You could, and I did. I don't recommend it. You get exceptions for free instead of fiddling with setjmp/longjmp. Then they don't work when you throw them from one shared library and catch in another (I think RTTI has similar problems with shared libraries). You get templates for free. Then your auto-generated code compiles for ages.

Eli Bendersky writes about switching from C to C++ to implement a language VM. He says it's easier to use C++ features when they match your VM's needs then to reimplement them in C.

Here's how it worked out for me. I once implemented a VM and an interpreter in C++. Then we wrote a compiler for the language. Because the VM was in C++, it was much easier for the compiler to emit C++ code interfacing with the VM than C code. And then with this auto-generated C++ code, we bumped into shared-library-related problems, and build speed problems, etc. – and we have them to this day.

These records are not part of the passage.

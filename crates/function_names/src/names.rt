//! The map from names to functions.

ghost use Rattle.std.specs.Prelude.{◌≡◌, ℕ, ◌<◌, List, length, slice_get, Some, IfOk, IfSome, OnOk};
ghost use Rattle.std.specs.Option.{option_copied};
ghost use Rattle.code_form.specs.Sound.{IsSound};
ghost use Rattle.function_names.specs.Names.{Adds, function_named, number_in};

use am_base::OutOfMemory;
use am_lists::Bytes;
use code_form::Code;
use indexmap::IndexMap;
use std::alloc::Global;
use std::marker::Model;

/// The number of each function of a code, by its name. Contracts see the names with their numbers.
#[derive(Drop)]
pub struct FunctionNames {
    map: IndexMap<Bytes, u32>,
}

impl Model for FunctionNames {
    ghost use Rattle.function_names.specs.Names.{Numbers};

    ghost Value = { Numbers };

    ghost view = { λ t. t.map.entries };
}

impl FunctionNames {
    /// Returns the names of the functions of a code.
    pub fn new(alloc: Global, code: &Code) -> Result<FunctionNames, OutOfMemory>
        requires { IsSound code.now }
        ensures { IfOk result (λ names. (name : List ℕ) → number_in names name ≡ function_named code.now name) }
    {
        let mut map = IndexMap::new(alloc);
        'each: for (number, f) in code.funcs.as_slice().iter().enumerate() {
            add_name(alloc, &mut map, &f.name, number as u32)?;
        }
        Ok(FunctionNames { map })
    }

    /// Returns the number of the function with a name; `None` iff there is none. O(1) but for the
    /// hashing.
    pub fn find(&self, name: &Bytes) -> Option<u32>
        ensures { result ≡ number_in self.now name.now }
    {
        self.map.get(name).copied()
    }
}

/// Gives a name its number, unless it has one.
fn add_name(
    alloc: Global,
    map: &mut IndexMap<Bytes, u32>,
    name: &Bytes,
    number: u32,
) -> Result<(), OutOfMemory>
    ensures { OnOk result (Adds map.old.entries name.now number map.new.entries) }
{
    if map.contains_key(name) {
        return Ok(());
    }
    map.insert(name.copy(alloc)?, number)?;
    Ok(())
}
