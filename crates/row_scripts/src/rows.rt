//! What carries out the rows of a script, and how many it has.

use std::alloc::{AllocError, Global};

/// What carries out the commands of a script.
pub trait Carries {
    /// Carries out the words of a row over files, of which the last of a name counts. It appends to
    /// `shown` what the row is compared with, and returns the text that `keep` makes a file of.
    fn carry_out(
        &mut self,
        alloc: Global,
        words: &[&str],
        files: &[(String, Vec<u8>)],
        shown: &mut String,
    ) -> Result<Vec<u8>, AllocError>;
}

/// The text of a file, of two with one name the later one. A file that isn't there is empty.
pub fn file_named<'a>(files: &'a [(String, Vec<u8>)], name: &str) -> &'a [u8] {
    for (other, text) in files.iter().rev() {
        if other.as_str() == name {
            return text.as_slice();
        }
    }
    &[]
}

/// How many rows a script has, and how many of them answered otherwise than it says.
#[derive(Clone, Copy, Debug, PartialEq, Eq)]
pub struct Tally {
    pub rows: u32,
    pub wrong: u32,
}
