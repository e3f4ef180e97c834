//! The lines of a script, one after the other.

use crate::repeated::append_line;
use crate::rows::{Carries, Tally};
use std::alloc::{AllocError, Global};
use std::io;

/// What was told so far.
#[derive(Drop)]
struct Told {
    /// Of two files with one name the later one counts.
    files: Vec<(String, Vec<u8>)>,
    /// What the last row answered.
    last: Vec<u8>,
    /// What the row that is being told is to answer.
    wanted: String,
    rows: u32,
    wrong: u32,
}

/// Which part of a script the next line belongs to.
#[derive(Clone, Copy)]
enum Within<'a> {
    Nothing,
    /// The last file.
    File,
    /// The answer to these words.
    Row(&'a str),
}

/// Begins a file.
fn begin_file(alloc: Global, told: &mut Told, name: &str, text: Vec<u8>) -> Result<(), AllocError> {
    let name = String::from_str(alloc, name)?;
    told.files.push((name, text))?;
    Ok(())
}

/// Takes a line outside of files and rows.
fn begin<'a>(alloc: Global, told: &mut Told, line: &'a str) -> Result<Within<'a>, AllocError> {
    if let Some(name) = line.strip_prefix("file ") {
        begin_file(alloc, told, name, Vec::new(alloc))?;
        return Ok(Within::File);
    }
    if let Some(words) = line.strip_prefix('$') {
        told.wanted = String::new(alloc);
        return Ok(Within::Row(words.strip_prefix(' ').unwrap_or(words)));
    }
    if let Some(name) = line.strip_prefix("keep ") {
        let text = told.last.clone()?;
        begin_file(alloc, told, name, text)?;
    }
    Ok(Within::Nothing)
}

/// Takes a line of a file, and says whether the file goes on.
fn file_line(alloc: Global, told: &mut Told, line: &str) -> Result<bool, AllocError> {
    if line == "." {
        return Ok(false);
    }
    if let Some((_, text)) = told.files.last_mut() {
        append_line(alloc, text, line)?;
    }
    Ok(true)
}

/// Takes a line of what a row is to answer, and says whether it is the last.
fn row_line(told: &mut Told, line: &str) -> Result<bool, AllocError> {
    told.wanted.push_str(line)?;
    told.wanted.push('\n')?;
    Ok(line.starts_with("= "))
}

/// Carries out a row, and returns what it is compared with.
fn answer_of<C: Carries>(
    alloc: Global,
    carries: &mut C,
    told: &mut Told,
    line: &str,
) -> Result<String, AllocError> {
    let mut words = Vec::new(alloc);
    if !line.is_empty() {
        for word in line.split(' ') {
            words.push(word)?;
        }
    }
    let mut shown = String::new(alloc);
    told.last = carries.carry_out(alloc, words.as_slice(), told.files.as_slice(), &mut shown)?;
    Ok(shown)
}

/// Compares a row with its answer, and prints what it answers where that differs.
fn compare<R: Print + AllocGlobal, C: Carries>(
    rt: &R,
    carries: &mut C,
    told: &mut Told,
    line: &str,
) -> io::Result<()> {
    let shown = answer_of(rt.alloc(), carries, told, line)?;
    told.rows = told.rows.saturating_add(1);
    if shown.as_str() != told.wanted.as_str() {
        told.wrong = told.wrong.saturating_add(1);
        print!(rt; "$ {line}\n{shown}")?;
    }
    Ok(())
}

/// Takes a line, and returns which part the next one belongs to.
fn take<'a, R: Print + AllocGlobal, C: Carries>(
    rt: &R,
    carries: &mut C,
    told: &mut Told,
    within: Within<'a>,
    line: &'a str,
) -> io::Result<Within<'a>> {
    match within {
        Within::Nothing => Ok(begin(rt.alloc(), told, line)?),
        Within::File => {
            if file_line(rt.alloc(), told, line)? {
                Ok(Within::File)
            } else {
                Ok(Within::Nothing)
            }
        }
        Within::Row(words) => {
            if row_line(told, line)? {
                compare(rt, carries, told, words)?;
                Ok(Within::Nothing)
            } else {
                Ok(within)
            }
        }
    }
}

/// Carries out the rows of a script in their order, prints each that answers otherwise than the
/// script says, with what it answers, and returns how many there are. A file or a row that doesn't
/// end counts as one that answers otherwise. An error comes where memory runs out or the output
/// fails.
pub fn play<R: Print + AllocGlobal, C: Carries>(
    rt: &R,
    carries: &mut C,
    script: &str,
) -> io::Result<Tally> {
    let alloc = rt.alloc();
    let mut told = Told {
        files: Vec::new(alloc),
        last: Vec::new(alloc),
        wanted: String::new(alloc),
        rows: 0,
        wrong: 0,
    };
    let mut within = Within::Nothing;
    for line in script.split('\n') {
        within = take(rt, carries, &mut told, within, line)?;
    }
    let is_cut = !matches!(within, Within::Nothing);
    Ok(Tally {
        rows: told.rows,
        wrong: told.wrong.saturating_add(u32::from(is_cut)),
    })
}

But of course, YMMV. One reason to use C++ is that debuggers get increasingly better at displaying STL collections and base class object pointers (which they know to downcast to the real runtime type and show the derived class members). If your language constructs map to these C++ features, you can get better debug-time data display in a portable way.

Anything you'd like to add?

If you have experience with using C as an intermediate language, I'll gladly add your comments. I'm more experienced with some things than others in this department, and so a lot of the potential issues would likely never occur to me.

Conclusion

C is a great intermediate language, and I'd be thrilled to see more new languages compiling to C. I don't live in either Java or JavaScript these days; surely I'm not alone. A language compiling to C could be fast, portable, have nice tools and library support – and immediately usable to many in the land of C, C++ and Objective-C.